Real-time unified single- and multi-channel structural damage detection using RSSA
Updated: May 22, 2021
A novel baseline-free approach for continuous online damage detection of multidegree of freedom vibrating structures using recursive singular spectral analysis in conjunction with time-varying autoregressive modeling is proposed in this article. The acceleration data are used to obtain recursive proper orthogonal components online using rank-one perturbation method, followed by time-varying autoregressive modeling of the first transformed response, to detect the change in the dynamic behavior of the vibrating system from its original state to contiguous linear/nonlinear states indicating damage. Most work to date deal with algorithms that require windowing of the gathered data that render them ineffective for online implementation. Algorithms focused on mathematically consistent recursive techniques in a rigorous theoretical framework of structural damage detection are missing that motivates the development of the present framework. The response from a single channel is provided as input to the algorithm in real time. The recursive singular spectral analysis algorithm iterates the eigenvector and eigenvalue estimates for sample covariance matrices and new data point at each successive time instants. This eliminates the need for offline post processing and facilitates online damage detection especially when applied to streaming data without requiring any baseline data.

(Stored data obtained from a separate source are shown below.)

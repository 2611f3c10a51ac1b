//! Which words and symbols are widths and operators, and how tightly an operator binds.

ghost use Rattle.std.specs.Prelude.{◌≡◌};
ghost use Rattle.cmm_lexer.specs.Spellings.{keyword_number, symbol_number};
ghost use Rattle.cmm_grammar.specs.ExpressionGrammar.{infix_level, left_level as left_level_of, level_of as level_of_form};
ghost use Rattle.cmm_grammar.specs.ExpressionReading.{infix_in, prefix_in, width_in};

use cmm_ast::{ExprForm, Infix, Prefix};
use cmm_lexer::{Keyword, Symbol};
use cmm_words::Width;

/// How tightly an operator before its operand binds, and what has no operator.
pub(crate) const UNARY_LEVEL: u8 = 7;

/// The width that a reserved word is.
pub(crate) fn width_of(word: Keyword) -> Option<Width>
    ensures { result ≡ width_in (keyword_number word) }
{
    match word {
        Keyword::Bits8 => Some(Width::W8),
        Keyword::Bits16 => Some(Width::W16),
        Keyword::Bits32 => Some(Width::W32),
        Keyword::Bits64 => Some(Width::W64),
        _ => None,
    }
}

/// The operator before an operand that a symbol is.
pub(crate) fn prefix_of(symbol: Symbol) -> Option<Prefix>
    ensures { result ≡ prefix_in (symbol_number symbol) }
{
    match symbol {
        Symbol::Minus => Some(Prefix::Negate),
        Symbol::Tilde => Some(Prefix::Complement),
        _ => None,
    }
}

/// The operator between two operands that a symbol is.
pub(crate) fn infix_of(symbol: Symbol) -> Option<Infix>
    ensures { result ≡ infix_in (symbol_number symbol) }
{
    match symbol {
        Symbol::Equal => Some(Infix::Eq),
        Symbol::NotEqual => Some(Infix::Ne),
        Symbol::Less => Some(Infix::Lt),
        Symbol::LessEqual => Some(Infix::Le),
        Symbol::Greater => Some(Infix::Gt),
        Symbol::GreaterEqual => Some(Infix::Ge),
        Symbol::Bar => Some(Infix::Or),
        Symbol::Caret => Some(Infix::Xor),
        Symbol::Ampersand => Some(Infix::And),
        Symbol::ShiftLeft => Some(Infix::Shl),
        Symbol::ShiftRight => Some(Infix::Shr),
        Symbol::Plus => Some(Infix::Add),
        Symbol::Minus => Some(Infix::Sub),
        Symbol::Star => Some(Infix::Mul),
        Symbol::Slash => Some(Infix::Div),
        Symbol::Percent => Some(Infix::Mod),
        _ => None,
    }
}

/// How tightly an operator binds: a comparison least, at 0.
pub(crate) fn level_of(operator: Infix) -> u8
    ensures { result ≡ infix_level operator }
{
    match operator {
        Infix::Eq | Infix::Ne | Infix::Lt | Infix::Le | Infix::Gt | Infix::Ge => 0,
        Infix::Or => 1,
        Infix::Xor => 2,
        Infix::And => 3,
        Infix::Shl | Infix::Shr => 4,
        Infix::Add | Infix::Sub => 5,
        Infix::Mul | Infix::Div | Infix::Mod => 6,
    }
}

/// How tightly the left operand of an operator has to bind: comparisons do not group.
pub(crate) fn left_level(operator: Infix) -> u8
    ensures { result ≡ left_level_of operator }
{
    level_of(operator).max(1)
}

/// How tightly an expression binds.
pub(crate) fn form_level(form: &ExprForm) -> u8
    ensures { result ≡ level_of_form form.now }
{
    match form {
        ExprForm::Infix { operator, .. } => level_of(*operator),
        _ => UNARY_LEVEL,
    }
}
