//! Data of sections, and what else a section may hold but spans.

ghost use Rattle.std.specs.Prelude.{◌≡◌, ◌-◌, ◌<◌, ◌≤◌, length, OnOk};
ghost use Rattle.cmm_grammar.specs.StatementReading.{block};
ghost use Rattle.cmm_grammar.specs.UnitReading as readers;
ghost use Rattle.cmm_parser.specs.inside.Parsing.{Takes, MayTake, point_of};

use crate::fault::Stop;
use crate::parser::Parser;
use crate::types::named_type;
use cmm_ast::{Count, Datum, DatumForm, Expr, Ident, Initial, Item, TypeName};
use cmm_lexer::{Keyword, Symbol};

/// How many values there are, by what stands in the square brackets.
fn count_of(count: Option<Expr>) -> Count
    ensures { result ≡ readers.count_of count }
{
    match count {
        None => Count::OfInitial,
        Some(count) => Count::Of(count),
    }
}

/// A datum whose first token has this number.
fn datum_at(token: u32, form: DatumForm) -> Item
    ensures { result ≡ readers.datum_at token form }
{
    Item::Datum(Datum { token, form })
}

impl Parser<'_> {
    /// What stands in the square brackets.
    fn count_in(&mut self) -> Result<Option<Expr>, Stop>
        ensures { MayTake (λ fuel. readers.count_in fuel) (point_of self.old) result (point_of self.new) }
    {
        if self.is_symbol(Symbol::CloseSquare) {
            Ok(None)
        } else {
            Ok(Some(self.whole()?))
        }
    }

    /// How many values a datum has.
    fn count(&mut self) -> Result<Count, Stop>
        ensures { MayTake (λ fuel. readers.count fuel) (point_of self.old) result (point_of self.new) }
    {
        if self.is_symbol(Symbol::OpenSquare) {
            let outside = self.enter(Symbol::OpenSquare)?;
            let count = self.count_in()?;
            self.leave(Symbol::CloseSquare, outside)?;
            return Ok(count_of(count));
        }
        Ok(Count::One)
    }

    /// The values that a datum begins as.
    fn values(&mut self) -> Result<Initial, Stop>
        ensures { Takes (λ fuel. readers.values fuel) (point_of self.old) result (point_of self.new) }
    {
        let outside = self.enter(Symbol::OpenBrace)?;
        let values = self.listed()?;
        self.leave(Symbol::CloseBrace, outside)?;
        Ok(Initial::Values(values))
    }

    /// What a datum begins as.
    fn initial(&mut self) -> Result<Initial, Stop>
        ensures { MayTake (λ fuel. readers.initial fuel) (point_of self.old) result (point_of self.new) }
    {
        if self.is_text() {
            return Ok(Initial::Text(self.text()?));
        }
        if self.is_symbol(Symbol::OpenBrace) {
            return self.values();
        }
        Ok(Initial::Zeros)
    }

    /// Data after its type.
    fn values_of(&mut self, width: TypeName) -> Result<DatumForm, Stop>
        ensures { Takes (λ fuel. readers.values_of fuel width) (point_of self.old) result (point_of self.new) }
    {
        let count = self.count()?;
        let initial = self.initial()?;
        self.expect(Symbol::Semicolon)?;
        Ok(DatumForm::Data {
            width,
            count,
            initial,
        })
    }

    /// A label, or data of the type of this name.
    fn named_datum(&mut self, name: Ident) -> Result<DatumForm, Stop>
        ensures { Takes (λ fuel. readers.named_datum fuel name) (point_of self.old) result (point_of self.new) }
    {
        if self.accept(Symbol::Colon) {
            Ok(DatumForm::Label(name))
        } else {
            self.values_of(named_type(name))
        }
    }

    /// An item after the name that it begins with: a procedure, a label, or data of the type that it names.
    fn named_item(&mut self, name: Ident) -> Result<Item, Stop>
        ensures { Takes (λ fuel. readers.named_item fuel (block fuel) name) (point_of self.old) result (point_of self.new) }
    {
        if self.is_symbol(Symbol::Open) {
            return Ok(Item::Proc(self.procedure(name)?));
        }
        let token = name.token;
        let form = self.named_datum(name)?;
        Ok(datum_at(token, form))
    }

    fn align_item(&mut self) -> Result<Item, Stop>
        ensures { Takes (λ fuel. readers.align_item) (point_of self.old) result (point_of self.new) }
    {
        let token = self.here();
        self.expect_word(Keyword::Align)?;
        let bytes = self.int()?;
        self.expect(Symbol::Semicolon)?;
        Ok(datum_at(token, DatumForm::Align(bytes)))
    }

    /// Data of this type, or a declaration where there is none.
    fn item_by(&mut self, width: Option<TypeName>) -> Result<Item, Stop>
        ensures { Takes (λ fuel. readers.item_by fuel width) (point_of self.old) result (point_of self.new) }
    {
        match width {
            Some(width) => {
                let token = width.token;
                let form = self.values_of(width)?;
                Ok(datum_at(token, form))
            }
            None => Ok(Item::Decl(self.decl()?)),
        }
    }

    /// An item that holds no other.
    pub(crate) fn flat_item(&mut self) -> Result<Item, Stop>
        ensures { Takes (λ fuel. readers.flat_item fuel (block fuel)) (point_of self.old) result (point_of self.new) }
    {
        if self.is_name() {
            let name = self.ident()?;
            return self.named_item(name);
        }
        if self.is_word(Keyword::Align) {
            return self.align_item();
        }
        let width = self.bits();
        self.item_by(width)
    }
}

Lower order time-varying autoregressive models are applied on the transformed responses to improve detectability. Numerical simulations performed on a five-degree of freedom nonlinear system and on a single degree of freedom system modeled using a Duffing oscillator under white noise excitation data, with different levels of nonlinearity simulating the damage scenarios, demonstrate the robustness of the proposed algorithm. The method further validated on results obtained from experiments performed on a cantilever beam subjected to earthquake excitation; a toy cart experiment model with springs attached to either side; demonstrate the efficacy of the proposed methodology as an appropriate candidate for real-time, reference-free structural health monitoring.